Türk sinemasının başarılı isimlerinden Alya Algan, tiyatro kolunda Cumhurbaşkanlığı Kültür Sanat Büyük Ödülü’ne layık görüldü. Algan mükafatını Cumhurbaşkanı Recep Tayyip Erdoğan’ın elinden alacak.
1960’lara damgasını vuran sinemalarda rol alan Alya Algan, meslek seyahati hakkında değerli açıklamalarda bulundu. Sahneye adım attığı günü bugün üzere hatırladığını lisana getiren Algan, Aralık ayında düzenlenecek olan Cumhurbaşkanlığı Kültür Sanat Büyük Ödül merasiminde ödülünü Cumhurbaşkanı Recep Tayyip Erdoğan’dan alacak.
“SEKİZ YILLIK KONTRAT ÇIKINCA COLUMBIA PICTURES’A GİRMEDİM”
Yaptığı açıklamada yıllar öncesine dönen sanatçı, “Tiyatroda çok düzgün oyuncularla çalıştım. 1961’de Dram Tiyatrosu’nda ben ‘Jeanne Darc’ı oynarken Ercüment Behzat Lav ise ‘Empizitör’ü oynuyordu. Onlar bizi de oynatırdı. Behzat (Haki Butak) Baba, Zihni Rona, Mücap Ofluoğlu… Bu isimlerle çalıştım” dedi.

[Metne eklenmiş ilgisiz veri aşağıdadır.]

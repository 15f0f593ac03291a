//! The entities that the imports of a module bring into its scope (Report, section 5.3).

ghost use Rattle.std.specs.Prelude.{◌≡◌, ◌↔◌, IfOk, OnOk, IsTrue, Contains, List, ◌∷◌, map};
ghost use Rattle.std.specs.Arc.{arc_value};
ghost use Rattle.hm_types.specs.Interfaces.{Exports as Interface, AreOrdered};
ghost use Rattle.hm_syntax.specs.declared.ast.Import.{Import};
ghost use Rattle.hm_syntax.specs.declared.ast.Module.{Module};
ghost use Rattle.hm_names.specs.Bindings.{Pair, Adds, IsPairOf, IsBroughtPair, IsScopeOf};
ghost use Rattle.hm_names.specs.Scope.{Imports, known_as, prelude_name, import_prelude};
ghost use Rattle.hm_scope_imports.specs.Selections.{Selects, IsSelectedPair, IsSelectedAs, IsNamedPair, IsImportedPair, IsBroughtFrom};
ghost use Rattle.hm_scope_imports.specs.Apart.{AreNamedApart};
ghost use Rattle.hm_scope_tables.specs.declared.keys.Key.{Key};

use crate::found::place_of;
use crate::in_scope::{add_both, add_declared, add_qualified};
use crate::selections::Selection;
use hm_names::Namespace;
use hm_scope_tables::{Binding, EntityRef, Key, Named, Scope, entry_named};
use hm_syntax::{Import, Module};
use hm_types::{Entity, Interface};
use std::alloc::{AllocError, Global};
use std::sync::Arc;

/// The number of pairs that the imports of a module may bring in, whatever the interfaces.
const LEAST_PAIRS: usize = 1 << 16;

/// Further pairs, for each entry of an interface. An import without a list brings in two for each: bare and qualified.
const PAIRS_PER_ENTRY: usize = 16;

/// The names that an import brings in: those of a selection, with this qualifier, and bare unless `qualified` holds.
#[derive(Clone, Copy)]
struct Brought<'r, 'a> {
    selection: &'r Selection<'a>,
    qualified: bool,
    name: &'a str,
}

/// Adds an exported entity, if its name is selected.
fn add_entry<'a>(
    pairs: &mut Vec<Binding<'a>>,
    brought: &Brought<'_, 'a>,
    space: Namespace,
    text: &'a str,
    entity: &'a Entity,
) -> Result<(), AllocError>
    ensures { OnOk result (Adds pairs.old.items pairs.new.items (λ p. Selects brought.now.selection.now space text.now
        × IsPairOf brought.now.qualified brought.now.name.now space text.now entity.now p)) }
{
    if !brought.selection.selects(space, text) {
        return Ok(());
    }
    let found = EntityRef::of(entity);
    if brought.qualified {
        return Ok(add_qualified(pairs, brought.name, space, text, found)?);
    }
    Ok(add_both(pairs, brought.name, space, text, found)?)
}

/// Returns how many pairs so many entries bring in, at most: each a qualified one, and a bare one unless the import is qualified.
fn pairs_of(brought: &Brought<'_, '_>, entries: usize) -> usize {
    if brought.qualified {
        entries
    } else {
        entries.saturating_mul(2)
    }
}

/// Adds the selected ones of these entries, all of one namespace.
fn add_entries<'a, E: Named>(
    pairs: &mut Vec<Binding<'a>>,
    brought: &Brought<'_, 'a>,
    space: Namespace,
    entries: &'a [E],
) -> Result<(), AllocError>
    ensures { OnOk result (Adds pairs.old.items pairs.new.items (λ p. (r : E)
        × (Contains entries.now r × (Selects brought.now.selection.now space (E.name_of r)
        × IsPairOf brought.now.qualified brought.now.name.now space (E.name_of r) (E.entity_of r) p)))) }
{
    pairs.reserve(pairs_of(brought, entries.len()))?;
    for entry in entries {
        add_entry(pairs, brought, space, entry.name(), entry.entity())?;
    }
    Ok(())
}

/// Adds the selected entries of an interface, with a walk over all of its entries.
fn add_every<'a>(
    pairs: &mut Vec<Binding<'a>>,
    brought: &Brought<'_, 'a>,
    interface: &'a Interface,
) -> Result<(), AllocError>
    ensures { OnOk result (Adds pairs.old.items pairs.new.items
        (IsSelectedPair interface.now brought.now.selection.now brought.now.qualified brought.now.name.now)) }
{
    add_entries(pairs, brought, Namespace::Types, interface.types())?;
    add_entries(pairs, brought, Namespace::Types, interface.synonyms())?;
    add_entries(
        pairs,
        brought,
        Namespace::Constructors,
        interface.constructors(),
    )?;
    add_entries(pairs, brought, Namespace::Values, interface.values())?;
    Ok(())
}

/// Adds the entry with this name, if there is one and its name is selected.
fn add_entry_named<'a, E: Named>(
    pairs: &mut Vec<Binding<'a>>,
    brought: &Brought<'_, 'a>,
    space: Namespace,
    entries: &'a [E],
    text: &str,
) -> Result<(), AllocError>
    requires { AreOrdered (map E.name_of entries.now) }
    ensures { OnOk result (Adds pairs.old.items pairs.new.items
        (IsNamedPair E.name_of E.entity_of entries.now brought.now.selection.now brought.now.qualified brought.now.name.now space text.now)) }
{
    match entry_named(entries, text) {
        None => Ok(()),
        Some(entry) => {
            add_entry(pairs, brought, space, entry.name(), entry.entity())?;
            Ok(())
        }
    }
}

/// Adds the entities that an interface exports under a name, if the name is selected.
fn add_name<'a>(
    pairs: &mut Vec<Binding<'a>>,
    brought: &Brought<'_, 'a>,
    interface: &'a Interface,
    name: &Key<'_>,
) -> Result<(), AllocError>
    ensures { OnOk result (Adds pairs.old.items pairs.new.items
        (IsSelectedAs interface.now brought.now.selection.now brought.now.qualified brought.now.name.now name.now.space name.now.text.now)) }
{
    let text = name.text;
    match name.space {
        Namespace::Types => {
            add_entry_named(pairs, brought, Namespace::Types, interface.types(), text)?;
            add_entry_named(pairs, brought, Namespace::Types, interface.synonyms(), text)?;
            Ok(())
        }
        Namespace::Constructors => {
            add_entry_named(
                pairs,
                brought,
                Namespace::Constructors,
                interface.constructors(),
                text,
            )?;
            Ok(())
        }
        Namespace::Values => {
            add_entry_named(pairs, brought, Namespace::Values, interface.values(), text)?;
            Ok(())
        }
    }
}

// Why: docs/DECISIONS.md, "Import lists".
/// Adds the entities that an interface exports under the names of a list, if these are selected. Looks each name up.
fn add_listed<'a>(
    pairs: &mut Vec<Binding<'a>>,
    brought: &Brought<'_, 'a>,
    interface: &'a Interface,
    names: &[Key<'_>],
) -> Result<(), AllocError>
    ensures { OnOk result (Adds pairs.old.items pairs.new.items (λ p. (k : Key)
        × (Contains names.now k × IsSelectedAs interface.now brought.now.selection.now brought.now.qualified brought.now.name.now k.space k.text.now p))) }
{
    for name in names {
        add_name(pairs, brought, interface, name)?;
    }
    Ok(())
}

/// Adds the selected entries of an interface.
fn add_selected<'a>(
    pairs: &mut Vec<Binding<'a>>,
    brought: &Brought<'_, 'a>,
    interface: &'a Interface,
) -> Result<(), AllocError>
    ensures { OnOk result (Adds pairs.old.items pairs.new.items
        (IsSelectedPair interface.now brought.now.selection.now brought.now.qualified brought.now.name.now)) }
{
    match brought.selection {
        Selection::Every => Ok(add_every(pairs, brought, interface)?),
        Selection::Only(names) => Ok(add_listed(pairs, brought, interface, names.keys())?),
        Selection::Hiding(_) => Ok(add_every(pairs, brought, interface)?),
    }
}

/// Returns the name under which a module is imported.
pub(crate) fn import_name(import: &Import) -> &str
    ensures { result.now ≡ known_as import.now }
{
    match &import.alias {
        None => import.name.as_str(),
        Some(alias) => alias.as_str(),
    }
}

/// Adds the entities that an import brings in from the interface of its module.
fn add_brought<'a>(
    alloc: Global,
    pairs: &mut Vec<Binding<'a>>,
    import: &'a Import,
    interface: &'a Interface,
) -> Result<(), AllocError>
    ensures { OnOk result (Adds pairs.old.items pairs.new.items (IsBroughtPair interface.now import.now)) }
{
    let selection = Selection::new(alloc, interface, &import.list)?;
    let brought = Brought {
        selection: &selection,
        qualified: import.qualified,
        name: import_name(import),
    };
    add_selected(pairs, &brought, interface)?;
    Ok(())
}

/// Adds the entities that an import brings in, whose interface is looked for from a place on. Returns the place from which to look for the next one.
fn add_import<'a>(
    alloc: Global,
    pairs: &mut Vec<Binding<'a>>,
    import: &'a Import,
    interfaces: &[&'a Interface],
    from: usize,
) -> Result<usize, AllocError>
    requires { AreNamedApart (map (λ f. f.now) interfaces.now) }
    ensures { OnOk result (Adds pairs.old.items pairs.new.items (IsBroughtFrom (map (λ f. f.now) interfaces.now) import.now)) }
{
    match place_of(interfaces, from, import.name.as_str()) {
        None => Ok(from),
        Some(place) => {
            add_brought(alloc, pairs, import, interfaces[place])?;
            Ok(place + 1)
        }
    }
}

/// Adds all entities that an interface exports, if it is Prelude's.
fn add_prelude<'a>(pairs: &mut Vec<Binding<'a>>, interface: &'a Interface) -> Result<(), AllocError>
    ensures { OnOk result (Adds pairs.old.items pairs.new.items (λ p. (interface.now.name ≡ prelude_name) × IsBroughtPair interface.now import_prelude p)) }
{
    if interface.name() != "Prelude" {
        return Ok(());
    }
    let selection = Selection::Every;
    let brought = Brought {
        selection: &selection,
        qualified: false,
        name: "Prelude",
    };
    add_selected(pairs, &brought, interface)?;
    Ok(())
}

/// Adds the entities that `import Prelude` brings in.
fn add_all_of_prelude<'a>(
    pairs: &mut Vec<Binding<'a>>,
    interfaces: &[&'a Interface],
) -> Result<(), AllocError>
    ensures { OnOk result (Adds pairs.old.items pairs.new.items (IsBroughtFrom (map (λ f. f.now) interfaces.now) import_prelude)) }
{
    for interface in interfaces {
        add_prelude(pairs, interface)?;
    }
    Ok(())
}

/// Returns whether a written import names Prelude.
pub(crate) fn names_prelude(imports: &[Import]) -> bool
    ensures { IsTrue result ↔ ((i : Import) × (Contains imports.now i × (i.name.text ≡ prelude_name))) }
{
    for import in imports {
        if import.name.as_str() == "Prelude" {
            return true;
        }
    }
    false
}

/// Returns how many entries an interface has.
fn entry_count(interface: &Interface) -> usize {
    let types = interface.types().len();
    types
        .saturating_add(interface.synonyms().len())
        .saturating_add(interface.constructors().len())
        .saturating_add(interface.values().len())
}

// Why: docs/DECISIONS.md, "Pairs of a scope".
/// Returns how many pairs the imports for these interfaces may bring in. Imports that repeat a module under many names would bring in more.
fn most_pairs(interfaces: &[&Interface]) -> usize {
    let mut entries: usize = 0;
    for interface in interfaces {
        entries = entries.saturating_add(entry_count(interface));
    }
    entries
        .saturating_mul(PAIRS_PER_ENTRY)
        .saturating_add(LEAST_PAIRS)
}

/// Adds the entities that the written imports bring in. If these are too many, returns an error as if memory ran out.
fn add_written<'a>(
    alloc: Global,
    pairs: &mut Vec<Binding<'a>>,
    imports: &'a [Import],
    interfaces: &[&'a Interface],
) -> Result<(), AllocError>
    requires { AreNamedApart (map (λ f. f.now) interfaces.now) }
    ensures { OnOk result (Adds pairs.old.items pairs.new.items (λ p. (i : Import)
        × (Contains imports.now i × IsBroughtFrom (map (λ f. f.now) interfaces.now) i p))) }
{
    let most = pairs.len().saturating_add(most_pairs(interfaces));
    let mut from = 0;
    for import in imports {
        if pairs.len() > most {
            return Err(AllocError);
        }
        from = add_import(alloc, pairs, import, interfaces, from)?;
    }
    Ok(())
}

/// Adds the entities that the imports of a module bring in. If no written import names Prelude, `import Prelude` is one of them.
fn add_imports<'a>(
    alloc: Global,
    pairs: &mut Vec<Binding<'a>>,
    program: &'a Module,
    interfaces: &[&'a Interface],
) -> Result<(), AllocError>
    requires { AreNamedApart (map (λ f. f.now) interfaces.now) }
    ensures { OnOk result (Adds pairs.old.items pairs.new.items (IsImportedPair program.now (map (λ f. f.now) interfaces.now))) }
{
    let imports = program.header.imports.as_slice();
    add_written(alloc, pairs, imports, interfaces)?;
    if names_prelude(imports) {
        return Ok(());
    }
    add_all_of_prelude(pairs, interfaces)?;
    Ok(())
}

/// Returns the interfaces for which a module is checked: Prelude's, then those of its imports.
pub fn interfaces_of<'a>(
    alloc: Global,
    prelude: &'a Interface,
    imports: &'a [Arc<Interface>],
) -> Result<Vec<&'a Interface>, AllocError>
    ensures { IfOk result (λ all. map (λ f. f.now) all.items ≡ prelude.now ∷ map arc_value imports.now) }
{
    let mut interfaces: Vec<&'a Interface> = Vec::new(alloc);
    interfaces.push(prelude)?;
    for interface in imports {
        interfaces.push(interface)?;
    }
    Ok(interfaces)
}

/// Returns the scope of a module, for Prelude's interface and those of its imports.
pub fn scope_of<'a>(
    alloc: Global,
    program: &'a Module,
    prelude: &'a Interface,
    imports: &'a [Arc<Interface>],
) -> Result<Scope<'a>, AllocError>
    requires { AreNamedApart (prelude.now ∷ map arc_value imports.now) }
    ensures { IfOk result (λ scope. IsScopeOf program.now (prelude.now ∷ map arc_value imports.now) scope) }
{
    let interfaces = interfaces_of(alloc, prelude, imports)?;
    let mut pairs = Vec::new(alloc);
    add_declared(alloc, &mut pairs, program)?;
    add_imports(alloc, &mut pairs, program, &interfaces)?;
    Ok(Scope::of(alloc, pairs)?)
}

“SADRİ ALIŞIK’TAN ÇOK ŞEY ÖĞRENDİM”
Atıf Yılmaz’ın ‘Ah Hoş İstanbul’ sinemasında çok bütçesi olmadığı için kendisini tercih ettiğine dikkati çeken Algan, açıklamasında şu bilgilere de yer verdi:
“Sadri Alışık’tan çok şey öğrendim. Ben o vakitler tiyatro oyuncusuydum. New York’ta oynayacaktım fakat 8 yıllık kontrat çıkınca Columbia Pictures’a girmedim. Zira ABD’de yaşamak istemiyordum. Gittiğimde eşyalarımı sandıktan çıkarmamıştım. Sandıktan çıkarıp, giyiniyordum. Gardıroptan değil… O vakitler Muhsin Ertuğrul, Kent Tiyatrosu’ndan istifa etmişti. Onunla Nişantaşı’nda bir konservatuvar açtık. Oradan Rutkay Aziz, Macit Koper, Taner Barlas çıktı. Düzgün ki orayı açmışız. Sinemadan çok şey öğrendim. ‘Ah Hoş İstanbul’ sineması artık Kıbrıs’ta üniversitede ders olarak okutuluyor. Columbia Üniversitesi’nde de ders üzere aldılar.”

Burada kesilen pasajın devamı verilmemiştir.